En soi, la diversité des expressions ne pose pas de problème. Plus de vingt rites différents sont pratiqués dans l’Église qui se reconnaît aujourd’hui autour du ministère de l’évêque de Rome : chez les maronites libanais par exemple, on connaît un clergé marié et chez les grecs catholiques, l’utilisation des icônes est aussi développée que chez les orthodoxes. Dans le monde protestant, il existe des variations importantes entre les cultes réformé, baptiste ou évangélique-luthérien, mais la reconnaissance mutuelle l’emporte sur la diversification des expressions.

Le mouvement œcuménique s’est développé surtout au cours du XXe siècle. Depuis le grand schisme de 1054, comme une période de glaciation s’était répandue sur toutes les tentatives de conciliation et de réforme du deuxième millénaire. Curieusement ce sont les grandes guerres qui ont amorcé un changement de regard les uns sur les autres.

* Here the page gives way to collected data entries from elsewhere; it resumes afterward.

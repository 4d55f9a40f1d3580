//! enumerators in values: what the definition of checking answers.
ghost use Rattle.std.specs.Prelude.{◌≡◌};
ghost use Rattle.checking_units.specs.Parts.{outcome, accepted, breaks};
ghost use Rattle.checking_units.specs.RowsEnumeratorsInValues as rows;

/// enumerators in values.
pub fn rows_enumerators_in_values()
    ensures enumerators_in_values_1 { outcome rows.enumerators_in_values_1 ≡ breaks 2 24 }
    ensures enumerators_in_values_2 { outcome rows.enumerators_in_values_2 ≡ breaks 2 39 }
    ensures enumerators_in_values_3 { outcome rows.enumerators_in_values_3 ≡ breaks 2 24 }
    ensures enumerators_in_values_4 { outcome rows.enumerators_in_values_4 ≡ breaks 2 24 }
    ensures enumerators_in_values_5 { outcome rows.enumerators_in_values_5 ≡ breaks 5 10 }
    ensures enumerators_in_values_6 { outcome rows.enumerators_in_values_6 ≡ breaks 31 6 }
    ensures enumerators_in_values_7 { outcome rows.enumerators_in_values_7 ≡ breaks 2 28 }
    ensures enumerators_in_values_8 { outcome rows.enumerators_in_values_8 ≡ breaks 2 33 }
    ensures enumerators_in_values_9 { outcome rows.enumerators_in_values_9 ≡ breaks 2 23 }
    ensures enumerators_in_values_10 { outcome rows.enumerators_in_values_10 ≡ accepted }
    ensures enumerators_in_values_11 { outcome rows.enumerators_in_values_11 ≡ accepted }
{}
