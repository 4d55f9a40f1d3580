//! C23: constant expression is needed: what the definition of checking answers.
ghost use Rattle.std.specs.Prelude.{◌≡◌};
ghost use Rattle.checking_units.specs.Parts.{outcome, breaks};
ghost use Rattle.checking_units.specs.RowsC23 as rows;

/// C23: constant expression is needed.
pub fn rows_c23()
    ensures c23_1 { outcome rows.c23_1 ≡ breaks 23 19 }
    ensures c23_2 { outcome rows.c23_2 ≡ breaks 23 22 }
    ensures c23_3 { outcome rows.c23_3 ≡ breaks 23 26 }
    ensures c23_4 { outcome rows.c23_4 ≡ breaks 23 48 }
    ensures c23_5 { outcome rows.c23_5 ≡ breaks 23 14 }
    ensures c23_6 { outcome rows.c23_6 ≡ breaks 23 16 }
    ensures c23_7 { outcome rows.c23_7 ≡ breaks 23 16 }
    ensures c23_8 { outcome rows.c23_8 ≡ breaks 23 24 }
    ensures c23_9 { outcome rows.c23_9 ≡ breaks 23 27 }
    ensures c23_10 { outcome rows.c23_10 ≡ breaks 23 16 }
    ensures c23_11 { outcome rows.c23_11 ≡ breaks 23 54 }
    ensures c23_12 { outcome rows.c23_12 ≡ breaks 23 7 }
    ensures c23_13 { outcome rows.c23_13 ≡ breaks 23 7 }
    ensures c23_14 { outcome rows.c23_14 ≡ breaks 23 44 }
    ensures c23_15 { outcome rows.c23_15 ≡ breaks 23 10 }
    ensures c23_16 { outcome rows.c23_16 ≡ breaks 23 42 }
    ensures c23_17 { outcome rows.c23_17 ≡ breaks 23 34 }
{}
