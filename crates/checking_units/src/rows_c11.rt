//! C11: operand has no address: what the definition of checking answers.
ghost use Rattle.std.specs.Prelude.{◌≡◌};
ghost use Rattle.checking_units.specs.Parts.{outcome, breaks};
ghost use Rattle.checking_units.specs.RowsC11 as rows;

/// C11: operand has no address.
pub fn rows_c11()
    ensures c11_1 { outcome rows.c11_1 ≡ breaks 11 59 }
    ensures c11_2 { outcome rows.c11_2 ≡ breaks 11 31 }
    ensures c11_3 { outcome rows.c11_3 ≡ breaks 11 32 }
    ensures c11_4 { outcome rows.c11_4 ≡ breaks 11 40 }
{}
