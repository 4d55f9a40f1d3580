//! C27: specifiers do not combine: what the definition of checking answers.
ghost use Rattle.std.specs.Prelude.{◌≡◌};
ghost use Rattle.checking_units.specs.Parts.{outcome, breaks};
ghost use Rattle.checking_units.specs.RowsC27 as rows;

/// C27: specifiers do not combine.
pub fn rows_c27()
    ensures c27_1 { outcome rows.c27_1 ≡ breaks 27 8 }
    ensures c27_2 { outcome rows.c27_2 ≡ breaks 27 24 }
    ensures c27_3 { outcome rows.c27_3 ≡ breaks 27 8 }
    ensures c27_4 { outcome rows.c27_4 ≡ breaks 27 7 }
    ensures c27_5 { outcome rows.c27_5 ≡ breaks 27 11 }
    ensures c27_6 { outcome rows.c27_6 ≡ breaks 27 12 }
    ensures c27_7 { outcome rows.c27_7 ≡ breaks 27 6 }
    ensures c27_8 { outcome rows.c27_8 ≡ breaks 27 6 }
    ensures c27_9 { outcome rows.c27_9 ≡ breaks 27 10 }
    ensures c27_10 { outcome rows.c27_10 ≡ breaks 27 18 }
    ensures c27_11 { outcome rows.c27_11 ≡ breaks 27 5 }
    ensures c27_12 { outcome rows.c27_12 ≡ breaks 27 21 }
    ensures c27_13 { outcome rows.c27_13 ≡ breaks 27 5 }
    ensures c27_14 { outcome rows.c27_14 ≡ breaks 27 8 }
    ensures c27_15 { outcome rows.c27_15 ≡ breaks 27 8 }
    ensures c27_16 { outcome rows.c27_16 ≡ breaks 27 9 }
    ensures c27_17 { outcome rows.c27_17 ≡ breaks 27 11 }
    ensures c27_18 { outcome rows.c27_18 ≡ breaks 27 16 }
    ensures c27_19 { outcome rows.c27_19 ≡ breaks 27 1 }
    ensures c27_20 { outcome rows.c27_20 ≡ breaks 27 23 }
    ensures c27_21 { outcome rows.c27_21 ≡ breaks 27 21 }
    ensures c27_22 { outcome rows.c27_22 ≡ breaks 27 12 }
    ensures c27_23 { outcome rows.c27_23 ≡ breaks 27 16 }
{}
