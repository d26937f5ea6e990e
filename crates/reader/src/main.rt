// Program reader: packets as lines of hexadecimal from standard input, and what the reader says to each on standard output.
//
// The stored run, in its order: a housekeeping packet, handed out; the same again, a repeat; document 01's "ACC-E pieces 0, 1, 3 to
// 9: only the second packet"; an ACC-E packet of five pieces; of faulty lines an empty one, three bytes, an odd count of digits and
// no digits; a wrong ID, wrong top sequence bits and a wrong length; a stream that is not carried; a DEN packet whose last fill byte
// is wrong, the right one then a repeat, and the next one whole, in small letters; an impact record of seven pieces, its last line
// without an LF.
//
// The main of program bench differs from this one in usage and machine alone: they share `console`.
#![tactic(auto)]

use console::Streams;

fn main(rt: HostRuntime) {
    let streams = Streams::standard(&rt);
    if console::explained(
        &rt,
        streams,
        b"usage: reader <PACKETS\nreader takes no arguments: it reads packets from standard input, a line each in hexadecimal.\n",
    ) {
        return;
    }
    console::serve_reader(streams);
}
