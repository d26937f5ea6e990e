// Program bench: frames as lines of hexadecimal from standard input, and what the controller says to each on standard output.
// The main of program reader differs from this one in usage and machine alone: they share `console`.
#![tactic(auto)]

use console::Streams;

fn main(rt: HostRuntime) {
    let streams = Streams::standard(&rt);
    if console::explained(
        &rt,
        streams,
        b"usage: bench <FRAMES\nbench takes no arguments: it reads frames from standard input, a line each in hexadecimal.\n",
    ) {
        return;
    }
    console::serve_controller(streams);
}
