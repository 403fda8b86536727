// The calls for programs in C and Rust. A slice is passed as its first word's address and its number of words.
#![tactic(auto)]

ghost use Rattle.std.specs.Prelude.{◌≡◌};
ghost use Rattle.rules.specs.Calls as calls;
ghost use Rattle.rules.specs.Refused.{answer_number};
ghost use Rattle.index.specs.Rows.{board_part};

use rules::refusal::Refusal;

// The number that a program reads for an answer.
fn number<T>(answer: &Result<T, Refusal>) -> u32
    ensures { result ≡ answer_number answer.now }
{
    match answer {
        Ok(_) => 0,
        Err(refusal) => u32::from(*refusal),
    }
}

#[unsafe(no_mangle)]
pub extern "C" fn shunebokai_start(p: u32, k: u32, b: u32, store: &mut [u32]) -> u32
    ensures { calls.start p k b store.old ≡ record { number = result; store = store.new } }
{
    number(&index::start(p, k, b, store))
}

// Two words of answers a step: its number and its count.
#[unsafe(no_mangle)]
pub extern "C" fn shunebokai_run(store: &mut [u32], steps: &[u32], answers: &mut [u32]) -> u32
    ensures { calls.run_call store.old steps.now answers.old ≡ record { number = result; store = store.new; answers = answers.new } }
{
    number(&index::run(store, steps, answers))
}

// The row count goes to `count`; refused, it is 0.
#[unsafe(no_mangle)]
pub extern "C" fn shunebokai_query(
    store: &[u32],
    x0: u32,
    y0: u32,
    x1: u32,
    y1: u32,
    rows: &mut [u32],
    count: &mut usize,
) -> u32
    ensures { calls.query_call store.now (record { x0 = x0; y0 = y0; x1 = x1; y1 = y1 }) rows.old ≡ record { number = result; count = count.new; rows = rows.new } }
{
    let listed = index::query(store, x0, y0, x1, y1, rows);
    *count = listed.unwrap_or(0);
    number(&listed)
}

#[unsafe(no_mangle)]
pub extern "C" fn shunebokai_board_test(store: &[u32], i: u32) -> u32
    ensures { result ≡ calls.board_test store.now i }
{
    number(&index::board_test(store, i))
}

// The number of the board's test; the rows stand in the store's words from `from` to before `to`, none where it is refused.
#[unsafe(no_mangle)]
pub extern "C" fn shunebokai_board_rows(
    store: &[u32],
    i: u32,
    from: &mut usize,
    to: &mut usize,
) -> u32
    ensures { board_part store.now i ≡ record { number = result; from = from.new; to = to.new } }
{
    let rows = index::board_part(store, i);
    let number = number(&rows);
    let part = rows.unwrap_or(index::Part { from: 0, to: 0 });
    *from = part.from;
    *to = part.to;
    number
}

La création du Conseil œcuménique des Églises en 1948 en témoigne de manière exceptionnelle. Toutes les grandes familles confessionnelles s’y retrouvent pour travailler ensemble. Même si l’Église catholique n’en fait pas partie à part entière, elle participe aux débats et collabore dans certains domaines avec les autres chrétiens. Un travail théologique important a été fourni depuis une quarantaine d’années et a réuni les responsables des Églises pour prier ensemble, échanger, clarifier, approfondir et parfois se concerter pour des questions pastorales ou des prises de positions éthiques et sociales.

À travers 20 siècles d’histoire assez tumultueuse, les Écritures et le Credo sont restés les appuis inchangés des chrétiens. Et la prière du Christ. « Que tous soient un, pour que le monde croie ». Serait-il possible que nous réalisions cette demande du Christ ? Témoigner de cette unité qui nous vient de Dieu comme un don, en quittant les divisions, les suspicions et les accusations ?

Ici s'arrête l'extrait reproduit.